DATA FOR ANALYSIS:
★ ★ ★ ★
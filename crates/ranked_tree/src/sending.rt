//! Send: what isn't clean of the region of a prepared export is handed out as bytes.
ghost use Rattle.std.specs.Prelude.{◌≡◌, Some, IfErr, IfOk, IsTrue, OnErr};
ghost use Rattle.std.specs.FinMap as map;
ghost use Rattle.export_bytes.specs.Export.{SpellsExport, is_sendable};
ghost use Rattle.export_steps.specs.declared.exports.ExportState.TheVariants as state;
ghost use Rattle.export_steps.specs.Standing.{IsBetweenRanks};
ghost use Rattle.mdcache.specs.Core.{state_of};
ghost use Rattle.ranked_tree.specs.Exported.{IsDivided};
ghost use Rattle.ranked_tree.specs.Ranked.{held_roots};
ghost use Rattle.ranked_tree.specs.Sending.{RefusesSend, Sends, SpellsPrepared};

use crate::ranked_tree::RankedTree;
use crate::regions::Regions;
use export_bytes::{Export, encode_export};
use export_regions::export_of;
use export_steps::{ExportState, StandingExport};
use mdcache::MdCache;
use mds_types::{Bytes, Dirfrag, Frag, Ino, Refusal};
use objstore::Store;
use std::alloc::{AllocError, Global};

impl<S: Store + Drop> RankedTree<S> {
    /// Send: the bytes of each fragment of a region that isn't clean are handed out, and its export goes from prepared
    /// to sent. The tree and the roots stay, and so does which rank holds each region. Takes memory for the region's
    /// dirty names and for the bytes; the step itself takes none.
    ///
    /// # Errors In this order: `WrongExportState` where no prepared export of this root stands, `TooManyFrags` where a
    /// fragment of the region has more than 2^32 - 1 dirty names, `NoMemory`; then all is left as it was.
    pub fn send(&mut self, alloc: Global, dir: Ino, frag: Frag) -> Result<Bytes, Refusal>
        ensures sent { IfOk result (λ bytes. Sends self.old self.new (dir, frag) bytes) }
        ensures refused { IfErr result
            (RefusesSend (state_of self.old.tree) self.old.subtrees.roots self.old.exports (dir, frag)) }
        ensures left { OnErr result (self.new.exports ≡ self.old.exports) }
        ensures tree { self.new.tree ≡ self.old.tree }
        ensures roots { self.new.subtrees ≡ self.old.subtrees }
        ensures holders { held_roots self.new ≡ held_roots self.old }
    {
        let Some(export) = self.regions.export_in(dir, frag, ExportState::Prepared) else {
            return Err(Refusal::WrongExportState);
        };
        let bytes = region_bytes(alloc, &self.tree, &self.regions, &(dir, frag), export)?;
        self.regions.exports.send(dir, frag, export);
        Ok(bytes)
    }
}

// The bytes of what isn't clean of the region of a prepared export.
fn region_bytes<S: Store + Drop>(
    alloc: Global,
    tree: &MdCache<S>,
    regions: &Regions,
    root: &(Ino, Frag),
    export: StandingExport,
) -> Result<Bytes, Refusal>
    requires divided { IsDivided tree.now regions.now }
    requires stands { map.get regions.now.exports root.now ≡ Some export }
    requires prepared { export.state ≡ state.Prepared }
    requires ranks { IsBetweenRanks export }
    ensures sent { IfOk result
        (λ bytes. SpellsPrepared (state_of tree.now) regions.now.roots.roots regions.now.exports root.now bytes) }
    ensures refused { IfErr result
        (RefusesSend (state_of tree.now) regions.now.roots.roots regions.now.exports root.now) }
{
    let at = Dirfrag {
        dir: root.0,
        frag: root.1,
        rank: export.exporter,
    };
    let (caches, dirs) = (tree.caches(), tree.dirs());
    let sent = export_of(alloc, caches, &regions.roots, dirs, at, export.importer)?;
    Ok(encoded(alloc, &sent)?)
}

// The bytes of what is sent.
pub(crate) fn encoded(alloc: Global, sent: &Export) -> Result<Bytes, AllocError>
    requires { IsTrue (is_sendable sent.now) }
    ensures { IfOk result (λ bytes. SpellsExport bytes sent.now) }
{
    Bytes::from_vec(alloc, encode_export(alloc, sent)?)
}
★ ★ ★ ★
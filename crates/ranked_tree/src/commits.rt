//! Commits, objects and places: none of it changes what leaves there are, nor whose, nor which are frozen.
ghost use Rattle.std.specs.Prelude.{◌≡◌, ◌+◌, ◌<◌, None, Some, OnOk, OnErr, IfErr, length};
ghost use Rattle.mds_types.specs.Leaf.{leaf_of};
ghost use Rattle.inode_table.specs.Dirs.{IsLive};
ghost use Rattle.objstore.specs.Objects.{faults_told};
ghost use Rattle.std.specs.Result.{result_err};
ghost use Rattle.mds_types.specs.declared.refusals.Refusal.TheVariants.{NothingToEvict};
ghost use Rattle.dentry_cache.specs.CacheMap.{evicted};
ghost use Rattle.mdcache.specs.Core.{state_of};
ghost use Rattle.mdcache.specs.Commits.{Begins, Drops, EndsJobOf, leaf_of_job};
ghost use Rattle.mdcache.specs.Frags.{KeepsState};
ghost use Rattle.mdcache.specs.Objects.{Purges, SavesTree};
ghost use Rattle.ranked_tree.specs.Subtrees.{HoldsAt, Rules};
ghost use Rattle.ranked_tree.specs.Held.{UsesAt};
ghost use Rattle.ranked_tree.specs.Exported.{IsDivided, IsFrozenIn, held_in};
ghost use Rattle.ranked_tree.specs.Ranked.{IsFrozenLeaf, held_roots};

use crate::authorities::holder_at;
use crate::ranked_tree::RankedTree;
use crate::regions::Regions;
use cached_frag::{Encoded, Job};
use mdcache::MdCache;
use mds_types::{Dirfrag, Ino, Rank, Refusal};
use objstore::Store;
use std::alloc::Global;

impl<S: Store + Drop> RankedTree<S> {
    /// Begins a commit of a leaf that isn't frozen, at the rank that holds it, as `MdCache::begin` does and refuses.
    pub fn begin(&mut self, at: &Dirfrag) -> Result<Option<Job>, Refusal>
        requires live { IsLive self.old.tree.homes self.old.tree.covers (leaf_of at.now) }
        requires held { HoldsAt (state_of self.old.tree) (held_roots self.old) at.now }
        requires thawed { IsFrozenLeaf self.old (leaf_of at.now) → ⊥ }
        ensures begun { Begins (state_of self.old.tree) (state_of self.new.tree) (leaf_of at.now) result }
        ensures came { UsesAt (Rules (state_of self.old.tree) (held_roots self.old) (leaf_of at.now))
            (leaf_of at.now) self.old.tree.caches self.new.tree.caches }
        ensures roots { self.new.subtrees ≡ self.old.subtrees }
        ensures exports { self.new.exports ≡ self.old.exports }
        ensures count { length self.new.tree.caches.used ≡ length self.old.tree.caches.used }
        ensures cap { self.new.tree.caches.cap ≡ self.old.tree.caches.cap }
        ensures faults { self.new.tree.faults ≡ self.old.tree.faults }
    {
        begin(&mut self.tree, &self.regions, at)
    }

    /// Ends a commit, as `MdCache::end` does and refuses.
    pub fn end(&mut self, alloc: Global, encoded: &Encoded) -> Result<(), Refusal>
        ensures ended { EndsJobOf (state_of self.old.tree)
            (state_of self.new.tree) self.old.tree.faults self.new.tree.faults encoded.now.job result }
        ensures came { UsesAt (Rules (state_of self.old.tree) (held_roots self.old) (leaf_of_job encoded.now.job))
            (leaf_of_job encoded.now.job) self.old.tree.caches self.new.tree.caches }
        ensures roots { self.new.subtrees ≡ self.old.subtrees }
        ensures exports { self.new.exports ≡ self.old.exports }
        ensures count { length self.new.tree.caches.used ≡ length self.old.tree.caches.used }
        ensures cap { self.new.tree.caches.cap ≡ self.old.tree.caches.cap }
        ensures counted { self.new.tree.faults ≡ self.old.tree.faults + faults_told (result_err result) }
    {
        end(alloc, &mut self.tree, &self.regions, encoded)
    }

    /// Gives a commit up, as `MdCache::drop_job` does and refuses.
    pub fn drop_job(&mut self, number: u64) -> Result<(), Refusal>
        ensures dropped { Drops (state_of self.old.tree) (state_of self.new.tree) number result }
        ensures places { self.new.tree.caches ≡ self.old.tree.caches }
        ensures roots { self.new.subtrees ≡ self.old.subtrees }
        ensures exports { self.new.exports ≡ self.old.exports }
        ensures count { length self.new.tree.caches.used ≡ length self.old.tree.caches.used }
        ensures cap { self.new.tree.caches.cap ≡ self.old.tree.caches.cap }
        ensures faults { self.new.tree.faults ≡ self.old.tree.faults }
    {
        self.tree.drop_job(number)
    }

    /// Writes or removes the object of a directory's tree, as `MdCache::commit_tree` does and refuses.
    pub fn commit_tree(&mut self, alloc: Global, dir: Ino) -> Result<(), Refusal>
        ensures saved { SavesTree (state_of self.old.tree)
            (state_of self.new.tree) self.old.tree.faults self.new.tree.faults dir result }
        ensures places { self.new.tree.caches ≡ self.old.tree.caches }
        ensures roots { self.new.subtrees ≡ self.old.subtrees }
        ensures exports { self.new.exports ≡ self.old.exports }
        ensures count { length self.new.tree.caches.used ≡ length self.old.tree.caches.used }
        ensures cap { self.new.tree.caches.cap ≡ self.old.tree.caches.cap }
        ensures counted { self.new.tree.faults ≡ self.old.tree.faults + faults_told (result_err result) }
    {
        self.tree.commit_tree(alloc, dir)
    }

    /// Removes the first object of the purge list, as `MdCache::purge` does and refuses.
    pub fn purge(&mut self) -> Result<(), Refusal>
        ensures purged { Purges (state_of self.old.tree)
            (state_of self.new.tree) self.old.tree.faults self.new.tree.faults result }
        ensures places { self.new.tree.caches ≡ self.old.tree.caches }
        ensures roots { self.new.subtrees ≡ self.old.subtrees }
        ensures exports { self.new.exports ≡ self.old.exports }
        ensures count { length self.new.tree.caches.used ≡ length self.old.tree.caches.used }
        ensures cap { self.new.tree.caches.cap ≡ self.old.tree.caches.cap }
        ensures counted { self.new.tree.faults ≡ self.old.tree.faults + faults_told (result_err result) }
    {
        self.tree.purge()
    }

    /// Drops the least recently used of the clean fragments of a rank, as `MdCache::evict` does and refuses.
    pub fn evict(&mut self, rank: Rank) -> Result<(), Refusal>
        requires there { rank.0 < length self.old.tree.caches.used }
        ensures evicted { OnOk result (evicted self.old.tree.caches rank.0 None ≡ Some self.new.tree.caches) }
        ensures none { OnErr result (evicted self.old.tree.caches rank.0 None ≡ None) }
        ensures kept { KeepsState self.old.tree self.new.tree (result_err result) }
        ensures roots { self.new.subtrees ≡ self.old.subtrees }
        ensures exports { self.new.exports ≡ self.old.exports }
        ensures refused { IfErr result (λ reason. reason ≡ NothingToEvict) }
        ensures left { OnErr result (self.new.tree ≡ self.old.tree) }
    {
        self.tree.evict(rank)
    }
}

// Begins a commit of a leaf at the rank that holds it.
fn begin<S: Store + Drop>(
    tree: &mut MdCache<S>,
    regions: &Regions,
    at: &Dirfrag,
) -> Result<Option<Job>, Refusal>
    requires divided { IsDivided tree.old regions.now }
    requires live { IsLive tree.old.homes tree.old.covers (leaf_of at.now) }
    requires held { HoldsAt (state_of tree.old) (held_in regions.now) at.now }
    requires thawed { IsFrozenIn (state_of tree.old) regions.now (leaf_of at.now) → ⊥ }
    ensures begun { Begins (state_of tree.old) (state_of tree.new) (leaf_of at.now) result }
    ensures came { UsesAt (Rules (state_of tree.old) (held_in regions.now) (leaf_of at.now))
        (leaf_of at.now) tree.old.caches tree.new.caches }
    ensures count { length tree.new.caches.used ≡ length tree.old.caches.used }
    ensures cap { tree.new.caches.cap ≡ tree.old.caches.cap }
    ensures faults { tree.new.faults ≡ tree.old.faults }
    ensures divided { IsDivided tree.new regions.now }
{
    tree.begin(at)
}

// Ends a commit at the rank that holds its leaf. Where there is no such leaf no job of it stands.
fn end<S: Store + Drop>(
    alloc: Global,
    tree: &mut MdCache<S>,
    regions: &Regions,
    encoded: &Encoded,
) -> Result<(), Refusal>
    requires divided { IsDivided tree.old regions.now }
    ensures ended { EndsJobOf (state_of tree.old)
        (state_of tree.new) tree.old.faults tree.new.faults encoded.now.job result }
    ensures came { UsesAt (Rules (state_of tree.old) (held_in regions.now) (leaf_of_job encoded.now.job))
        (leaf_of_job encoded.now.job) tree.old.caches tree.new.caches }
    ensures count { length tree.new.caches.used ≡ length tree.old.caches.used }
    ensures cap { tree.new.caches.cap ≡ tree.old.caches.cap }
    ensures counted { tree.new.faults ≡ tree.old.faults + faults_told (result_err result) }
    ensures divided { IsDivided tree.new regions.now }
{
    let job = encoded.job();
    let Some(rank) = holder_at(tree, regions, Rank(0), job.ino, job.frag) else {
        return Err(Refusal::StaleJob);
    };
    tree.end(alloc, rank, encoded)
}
★ ★ ★ ★
YOUR OBJECTIVE: Please find each line in the records above that holds the word "IsBetweenRanks", and copy it.

YOUR RESPONSE:
ghost use Rattle.export_steps.specs.Standing.{IsBetweenRanks};
    requires ranks { IsBetweenRanks export }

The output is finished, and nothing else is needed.